# Little girls hog harvest(new pics added 9-28-08)



## doublelungdriller (Jul 9, 2008)

Few hogs my daughter killed over the winter. (nothing like hunting with the kids)

NEW PICS ADDED AT POST #42


----------



## Gut_Pile (Jul 9, 2008)

wow that last hog is absolutely huge...what did it weigh?


----------



## letsemwalk (Jul 9, 2008)

great job, i bet she's happy and bragging about those.


----------



## ray97303 (Jul 10, 2008)

Last hog looks hugh!


----------



## doublelungdriller (Jul 10, 2008)

Thanks. first two about 100lb last hog was 288lb.


----------



## leo (Jul 10, 2008)

Congrats to your daughter, for bringing home the bacon

thanks for sharing this with us


----------



## BOWHUNTER! (Jul 10, 2008)

Dude..she doesn't play around. Great pix


----------



## doublelungdriller (Jul 10, 2008)

Thanks guys. She is a deadly shot. She put down six hogs with six shots this winter.


----------



## secondseason (Jul 10, 2008)

That is great!!


----------



## The AmBASSaDEER (Jul 10, 2008)




----------



## gonehunting11 (Jul 10, 2008)

Get'em girl!!! Don't cut'um no slack.


----------



## letsemwalk (Jul 10, 2008)

foodplotplanter said:


> you better watch letsemwalk.
> he came in hollering daddy,i wanna meet her.
> she`s my kinda girl



real funny


----------



## DRB1313 (Jul 10, 2008)

That's fantastic right there!!! Congrats!!


----------



## Hoss (Jul 10, 2008)

That's awesome.  Congrats to that young hunter.

Hoss


----------



## Darcy (Jul 10, 2008)

Awesome! Congrats to her, those are quite the trophies! 

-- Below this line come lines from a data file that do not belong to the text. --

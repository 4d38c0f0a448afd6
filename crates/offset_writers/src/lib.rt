// Offsets, written.
#![tactic(auto)]

ghost use Rattle.std.specs.Prelude.{[], ◌∷◌, ◌+◌, ◌/◌, ◌<◌};
ghost use Rattle.base.specs.Writing.{bytes, Writes};
ghost use Rattle.counts.specs.Fixed.{fixed_bytes};
ghost use Rattle.offsets.specs.Offset.{sum_form, offset_form};

use base::Refusal;

// Half hours, in one byte.
fn write_half_hours(v: u64, out: &mut [u8]) -> Result<usize, Refusal>
    requires { v < 96 }
    ensures { Writes (bytes (v ∷ [])) out.old result out.new }
{
    if out.len() < 1 {
        return Err(Refusal::TooShort);
    }
    out[0] = v as u8;
    Ok(1)
}

// 100 and 13 bits of minutes.
fn write_minutes(v: u64, out: &mut [u8]) -> Result<usize, Refusal>
    requires { v < 2880 }
    ensures { Writes (bytes ((128 + v / 256) ∷ fixed_bytes 1 v)) out.old result out.new }
{
    if out.len() < 2 {
        return Err(Refusal::TooShort);
    }
    out[0] = (128 + v / 256) as u8;
    out[1] = (v / 1 % 256) as u8;
    Ok(2)
}

// 101 and 21 bits of seconds.
fn write_seconds(v: u64, out: &mut [u8]) -> Result<usize, Refusal>
    requires { v < 172800 }
    ensures { Writes (bytes ((160 + v / 65536) ∷ fixed_bytes 2 v)) out.old result out.new }
{
    if out.len() < 3 {
        return Err(Refusal::TooShort);
    }
    out[0] = (160 + v / 65536) as u8;
    out[1] = (v / 256 % 256) as u8;
    out[2] = (v / 1 % 256) as u8;
    Ok(3)
}

// 110 and 29 bits of milliseconds.
fn write_milliseconds(v: u64, out: &mut [u8]) -> Result<usize, Refusal>
    requires { v < 172800000 }
    ensures { Writes (bytes ((192 + v / 16777216) ∷ fixed_bytes 3 v)) out.old result out.new }
{
    if out.len() < 4 {
        return Err(Refusal::TooShort);
    }
    out[0] = (192 + v / 16777216) as u8;
    out[1] = (v / 65536 % 256) as u8;
    out[2] = (v / 256 % 256) as u8;
    out[3] = (v / 1 % 256) as u8;
    Ok(4)
}

// Writes the offset of a sum to the front of `out`.
fn write_sum(sum: u64, out: &mut [u8]) -> Result<usize, Refusal>
    ensures { Writes (sum_form sum) out.old result out.new }
{
    if sum < 1 {
        return Err(Refusal::BadCode);
    }
    if sum > 172799999 {
        return Err(Refusal::BadCode);
    }
    if sum % 1800000 == 0 {
        return write_half_hours(sum / 1800000, out);
    }
    if sum % 60000 == 0 {
        return write_minutes(sum / 60000, out);
    }
    if sum % 1000 == 0 {
        return write_seconds(sum / 1000, out);
    }
    write_milliseconds(sum, out)
}

// Writes the offset of `ms` milliseconds to the front of `out`.
pub fn write_offset(ms: i64, out: &mut [u8]) -> Result<usize, Refusal>
    ensures { Writes (offset_form ms) out.old result out.new }
{
    write_sum(signed::offset_sum(ms), out)
}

Thanks for getting another lady involved with the outdoors!!!!


----------



## Paymaster (Jul 10, 2008)

Congrats to the young lady.


----------



## Dixiesimpleman32 (Jul 12, 2008)

congrats to her nice hogs there.


----------



## Redbow (Jul 13, 2008)

Wow! Nice job there young lady! Remind me to never get in the crosshairs of your scope!


----------



## pnome (Jul 13, 2008)

nice ones!  congrats to the young lady!


----------



## ajgunner (Jul 15, 2008)

If she owns a boat and a motor, you better get a big stick to keep the boys away.  I bet she even knows how to bait a hook.


----------



## Bighead (Jul 16, 2008)

Congrats!! The skinning shed looks like Addisons wild boar plantation.


----------



## doublelungdriller (Jul 16, 2008)

You Got It! Great Place To Hunt. Top Pic Was From Mr. Addisons Place The Bootom Hog Was Killed In Jeffersonville, Ga. (twiggs Co.)


----------



## Eddy M. (Jul 16, 2008)

I've looked at this post 3-4 times congrads to your daughter- and you I don't know who found the location for the hogs-- but I could use a "guide"


----------



## DROPPINEM (Jul 17, 2008)

doublelungdriller said:


> Thanks guys. She is a deadly shot. She put down six hogs with six shots this winter.


----------



## Smokey (Jul 17, 2008)

Doesnt get much better than that!


----------



## 81bronco (Jul 18, 2008)

where do yall hunt is it private a  public  land we hunt with dogs yall use to live in lizella


----------



## Perkins (Jul 18, 2008)

Great job, tell her congrats!


----------



## doublelungdriller (Jul 19, 2008)

81bronco said:


> where do yall hunt is it private a  public  land we hunt with dogs yall use to live in lizella



YES WE USE TO LIVE IN LIZELLA.


----------



## Ta-ton-ka chips (Jul 19, 2008)

doublelungdriller said:


> Thanks guys. She is a deadly shot. She put down six hogs with six shots this winter.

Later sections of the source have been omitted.